Extract parameter simulations from the joint precision matrix
Source:R/gather-spread.R
gather_sims.Rd
spread_sims()
returns a wide-format data frame. gather_sims()
returns a
long-format data frame. The format matches the format in the tidybayes
spread_draws()
and gather_draws()
functions.
Usage
spread_sims(object, nsim = 200, n_sims = deprecated())
gather_sims(object, nsim = 200, n_sims = deprecated())
Arguments
- object
Output from
sdmTMB()
.- nsim
The number of simulation draws.
- n_sims
Deprecated: please use
nsim
.
Value
A data frame. gather_sims()
returns a long-format data frame:
.iteration
: the sample ID.variable
: the parameter name.value
: the parameter sample value
spread_sims()
returns a wide-format data frame:
.iteration
: the sample IDcolumns for each parameter with a sample per row
Examples
m <- sdmTMB(density ~ depth_scaled,
data = pcod_2011, mesh = pcod_mesh_2011, family = tweedie())
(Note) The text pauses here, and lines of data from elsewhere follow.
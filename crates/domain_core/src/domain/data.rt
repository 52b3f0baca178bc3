//! The calls that send and receive packets and scalars, the items of channels.

ghost use Rattle.std.specs.Prelude.{◌≡◌, ◌≤◌, ◌<◌, ◌+◌, ◌*◌, ◌^◌, ◌↔◌, IfErr, IfOk, IfSome, IsErr, IsNone, None, Some, length, option_and_then, option_map, slice_get};
ghost use Rattle.mc_base.specs.Limits.{item_size};
ghost use Rattle.mc_base.specs.declared.refusal.Refusal.TheVariants.{BufInvalid};
ghost use Rattle.mc_base.specs.Letter.{bytes_of_bits};
ghost use Rattle.board_model.specs.DomainCall.{lend_at, packet_from, packet_request_at, release_of, scalar_at, scalar_from};
ghost use Rattle.domain_parts.specs.Calls.{Calls, IsLent, available, given, lent, requested, sent};
ghost use Rattle.domain_parts.specs.DomainView.{content_by, packet_lent_as, pieces_lent_as, place_of_packet_id};
ghost use Rattle.domain_parts.specs.Ends.{EndsMoved};
ghost use Rattle.domain_parts.specs.Room.{call_bytes, call_entries};

use crate::domain::Domain;
use lane_end::{RecvEnd, SendEnd};
use mc_base::{Bits, Local, PacketId, Refusal, RequestId};
use mc_journal::Journal;

impl<S: SendEnd, R: RecvEnd> Domain<S, R> {
    /// Sends a packet of 0 to 8,192 bytes over the channel of an endpoint: up to 488 bytes in one frame, and more in parts of 484, which
    /// are all put or none. Each takes a buffer of the lane to the receiver's domain.
    ///
    /// # Errors
    ///
    /// - `EndpInvalid`: the endpoint does not exist.
    /// - `NotConnected`: it has no channel, or its connect has no reply yet.
    /// - `ChanDirection`: it is the receiver.
    /// - `ChanType`: the channel carries scalars.
    /// - `ChanClosed`: one of the ends is closed.
    /// - `NotOpen`: one of the ends is not open.
    /// - `PktSize`: the packet has more than 8,192 bytes, or needs more frames than the lane has buffers.
    /// - `NoBuffer`: fewer buffers of the lane are free after the turn than the packet needs frames.
    pub fn pkt_send(
        &mut self,
        journal: &mut Journal,
        at: Local,
        bytes: &[u8],
    ) -> Result<(), Refusal>
        requires entry_room { call_entries ≤ journal.old.entry_room }
        requires byte_room { call_bytes ≤ journal.old.byte_room }
        ensures call { Calls (EndsMoved S.Moved R.Moved) at.node (packet_from at.port bytes.now) self.old self.new journal.old.lines journal.new.lines (sent result) None }
        ensures entry_room { journal.old.entry_room ≤ journal.new.entry_room + call_entries }
        ensures byte_room { journal.old.byte_room ≤ journal.new.byte_room + call_bytes }
    {
        self.inside.take_turn(journal);
        self.inside.put_packet(journal, at, bytes)
    }

    /// Receives the oldest packet that is queued at an endpoint, without a copy: the packet is lent, and keeps its buffer, until
    /// [`release`](Domain::release). It came in one frame or several: [`pkt_pieces`](Domain::pkt_pieces) counts them, and
    /// [`pkt_piece`](Domain::pkt_piece) returns the bytes of each.
    ///
    /// # Errors
    ///
    /// - `EndpInvalid`: the endpoint does not exist.
    /// - `NotConnected`: it has no channel, or it is a sender whose connect has no reply yet.
    /// - `ChanDirection`: it is the sender.
    /// - `ChanType`: the channel carries scalars.
    /// - `ChanClosed`: the end is closed; or it is open, nothing is queued and the sender's end is closed.
    /// - `NotOpen`: the end is not open.
    /// - `Empty`: nothing is queued.
    pub fn pkt_recv(&mut self, journal: &mut Journal, at: Local) -> Result<PacketId, Refusal>
        requires entry_room { call_entries ≤ journal.old.entry_room }
        requires byte_room { call_bytes ≤ journal.old.byte_room }
        ensures call { Calls (EndsMoved S.Moved R.Moved) at.node (lend_at at.port) self.old self.new journal.old.lines journal.new.lines (lent result (packet_lent_as self.new)) None }
        ensures lent { IfOk result (IsLent self.old self.new) }
        ensures entry_room { journal.old.entry_room ≤ journal.new.entry_room + call_entries }
        ensures byte_room { journal.old.byte_room ≤ journal.new.byte_room + call_bytes }
    {
        self.inside.take_turn(journal);
        self.inside.take_packet(at)
    }

    /// Requests a packet at an endpoint. Where one is queued, the request is complete at once with the oldest; otherwise it waits
    /// for the next that comes, and becomes complete with `ChanClosed` where an end is closed before. The packet is lent when
    /// [`test`](Domain::test) or a wait ends the request.
    ///
    /// # Errors
    ///
    /// Those of [`pkt_recv`](Domain::pkt_recv) except `Empty`, and then:
    ///
    /// - `RequestLimit`: 64 requests exist.
    pub fn pkt_recv_i(&mut self, journal: &mut Journal, at: Local) -> Result<RequestId, Refusal>
        requires entry_room { call_entries ≤ journal.old.entry_room }
        requires byte_room { call_bytes ≤ journal.old.byte_room }
        ensures call { Calls (EndsMoved S.Moved R.Moved) at.node (packet_request_at at.port) self.old self.new journal.old.lines journal.new.lines (requested result) (given result) }
        ensures entry_room { journal.old.entry_room ≤ journal.new.entry_room + call_entries }
        ensures byte_room { journal.old.byte_room ≤ journal.new.byte_room + call_bytes }
    {
        self.inside.take_turn(journal);
        self.inside.begin_packet(at)
    }

    /// Returns the bytes of the first piece of a lent packet, without a copy. It makes no turn.
    ///
    /// # Errors
    ///
    /// `BufInvalid` exactly where no lent packet has the id.
    pub fn pkt_bytes(&self, id: PacketId) -> Result<&[u8], Refusal>
        ensures bytes { IfOk result (λ bytes. Some bytes.now ≡ option_and_then (λ ps. slice_get ps 0) (pieces_lent_as self.now id)) }
        ensures refused { IsErr result ↔ IsNone (packet_lent_as self.now id) }
        ensures word { IfErr result (λ word. word ≡ BufInvalid) }
    {
        self.inside.packet_bytes(id)
    }

    /// Returns the number of pieces of a lent packet: one for each frame that brought it, at least one. In order they are the packet's bytes, 0 to
    /// 8,192 in all. It makes no turn.
    ///
    /// # Errors
    ///
    /// `BufInvalid` exactly where no lent packet has the id.
    pub fn pkt_pieces(&self, id: PacketId) -> Result<u32, Refusal>
        ensures count { IfOk result (λ n. Some n ≡ option_map length (pieces_lent_as self.now id)) }
        ensures some { IfOk result (λ n. 0 < n) }
        ensures whole { content_by (pieces_lent_as self.now id) ≡ option_map (λ p. p.item.content) (packet_lent_as self.now id) }
        ensures short { IfSome (packet_lent_as self.now id) (λ p. length p.item.content ≤ item_size) }
        ensures refused { IsErr result ↔ IsNone (packet_lent_as self.now id) }
        ensures word { IfErr result (λ word. word ≡ BufInvalid) }
    {
        self.inside.packet_pieces(id)
    }

    /// Returns the bytes of the n-th piece of a lent packet, counted from 0, without a copy. Where a lent packet has the id, n has to be below the
    /// number of its pieces. It makes no turn.
    ///
    /// # Errors
    ///
    /// `BufInvalid` exactly where no lent packet has the id.
    pub fn pkt_piece(&self, id: PacketId, n: u32) -> Result<&[u8], Refusal>
        requires below { IfSome (pieces_lent_as self.now id) (λ ps. n < length ps) }
        ensures bytes { IfOk result (λ bytes. Some bytes.now ≡ option_and_then (λ ps. slice_get ps n) (pieces_lent_as self.now id)) }
        ensures refused { IsErr result ↔ IsNone (packet_lent_as self.now id) }
        ensures word { IfErr result (λ word. word ≡ BufInvalid) }
    {
        self.inside.packet_piece(id, n)
    }

    /// Releases a lent packet. The buffers of its frames are given back, oldest first.
    ///
    /// # Errors
    ///
    /// - `BufInvalid`: no lent packet has the id.
    pub fn release(&mut self, journal: &mut Journal, id: PacketId) -> Result<(), Refusal>
        requires entry_room { call_entries ≤ journal.old.entry_room }
        requires byte_room { call_bytes ≤ journal.old.byte_room }
        ensures call { Calls (EndsMoved S.Moved R.Moved) 0 (release_of (place_of_packet_id self.old.packets id)) self.old self.new journal.old.lines journal.new.lines (sent result) None }
        ensures entry_room { journal.old.entry_room ≤ journal.new.entry_room + call_entries }
        ensures byte_room { journal.old.byte_room ≤ journal.new.byte_room + call_bytes }
    {
        self.inside.take_turn(journal);
        self.inside.end_packet(id)
    }

    /// Sends a scalar of 8, 16, 32 or 64 bits over the channel of an endpoint. The value has to fit the bits. It travels as 1, 2,
    /// 4 or 8 bytes, the least significant first.
    ///
    /// # Errors
    ///
    /// - `EndpInvalid`: the endpoint does not exist.
    /// - `NotConnected`: it has no channel, or its connect has no reply yet.
    /// - `ChanDirection`: it is the receiver.
    /// - `ChanType`: the channel carries packets.
    /// - `ChanClosed`: one of the ends is closed.
    /// - `NotOpen`: one of the ends is not open.
    /// - `NoBuffer`: no buffer of the lane to the receiver's domain is free after the turn.
    pub fn scl_send(
        &mut self,
        journal: &mut Journal,
        at: Local,
        bits: Bits,
        value: u64,
    ) -> Result<(), Refusal>
        requires fits { value < 2 ^ (8 * bytes_of_bits bits) }
        requires entry_room { call_entries ≤ journal.old.entry_room }
        requires byte_room { call_bytes ≤ journal.old.byte_room }
        ensures call { Calls (EndsMoved S.Moved R.Moved) at.node (scalar_from at.port bits value) self.old self.new journal.old.lines journal.new.lines (sent result) None }
        ensures entry_room { journal.old.entry_room ≤ journal.new.entry_room + call_entries }
        ensures byte_room { journal.old.byte_room ≤ journal.new.byte_room + call_bytes }
    {
        self.inside.take_turn(journal);
        self.inside.put_scalar(journal, at, bits, value)
    }

    /// Receives the oldest scalar that is queued at an endpoint, and returns its value. Its buffer is given back.
    ///
    /// # Errors
    ///
    /// - `EndpInvalid`: the endpoint does not exist.
    /// - `NotConnected`: it has no channel, or it is a sender whose connect has no reply yet.
    /// - `ChanDirection`: it is the sender.
    /// - `ChanType`: the channel carries packets.
    /// - `ChanClosed`: the end is closed; or it is open, nothing is queued and the sender's end is closed.
    /// - `NotOpen`: the end is not open.
    /// - `Empty`: nothing is queued.
    /// - `SclSize`: the oldest scalar has another number of bits. It stays queued.
    pub fn scl_recv(&mut self, journal: &mut Journal, at: Local, bits: Bits) -> Result<u64, Refusal>
        requires entry_room { call_entries ≤ journal.old.entry_room }
        requires byte_room { call_bytes ≤ journal.old.byte_room }
        ensures call { Calls (EndsMoved S.Moved R.Moved) at.node (scalar_at at.port bits) self.old self.new journal.old.lines journal.new.lines (available result) None }
        ensures entry_room { journal.old.entry_room ≤ journal.new.entry_room + call_entries }
        ensures byte_room { journal.old.byte_room ≤ journal.new.byte_room + call_bytes }
    {
        self.inside.take_turn(journal);
        self.inside.take_scalar(at, bits)
    }
}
head(spread_sims(m, nsim = 10))
#> .iteration X.Intercept. depth_scaled range phi tweedie_p sigma_O
#> 1 1 3.749276 -0.5134865 30.20537 14.48993 1.583609 1.836304
#> 2 2 2.437613 -0.8824028 18.67602 14.36332 1.577593 2.124812
#> 3 3 2.643799 -0.6484220 40.34146 14.89017 1.609824 2.481647
#> 4 4 1.720072 -0.6486199 13.61455 15.09968 1.620128 2.860899
#> 5 5 2.557104 -0.6799320 31.43043 14.85466 1.591829 2.126323
#> 6 6 2.713461 -0.8159928 13.68706 15.25929 1.596875 2.902257
head(gather_sims(m, nsim = 10))
#> .iteration .variable .value
#> 1 1 X.Intercept. 3.296844
#> 2 2 X.Intercept. 2.336084
#> 3 3 X.Intercept. 2.407328
#> 4 4 X.Intercept. 2.344606
#> 5 5 X.Intercept. 2.959705
#> 6 6 X.Intercept. 3.163177
samps <- gather_sims(m, nsim = 1000)
if (require("ggplot2", quietly = TRUE)) {
ggplot(samps, aes(.value)) + geom_histogram() +
facet_wrap(~.variable, scales = "free_x")
}
#> `stat_bin()` using `bins = 30`. Pick better value with `binwidth`.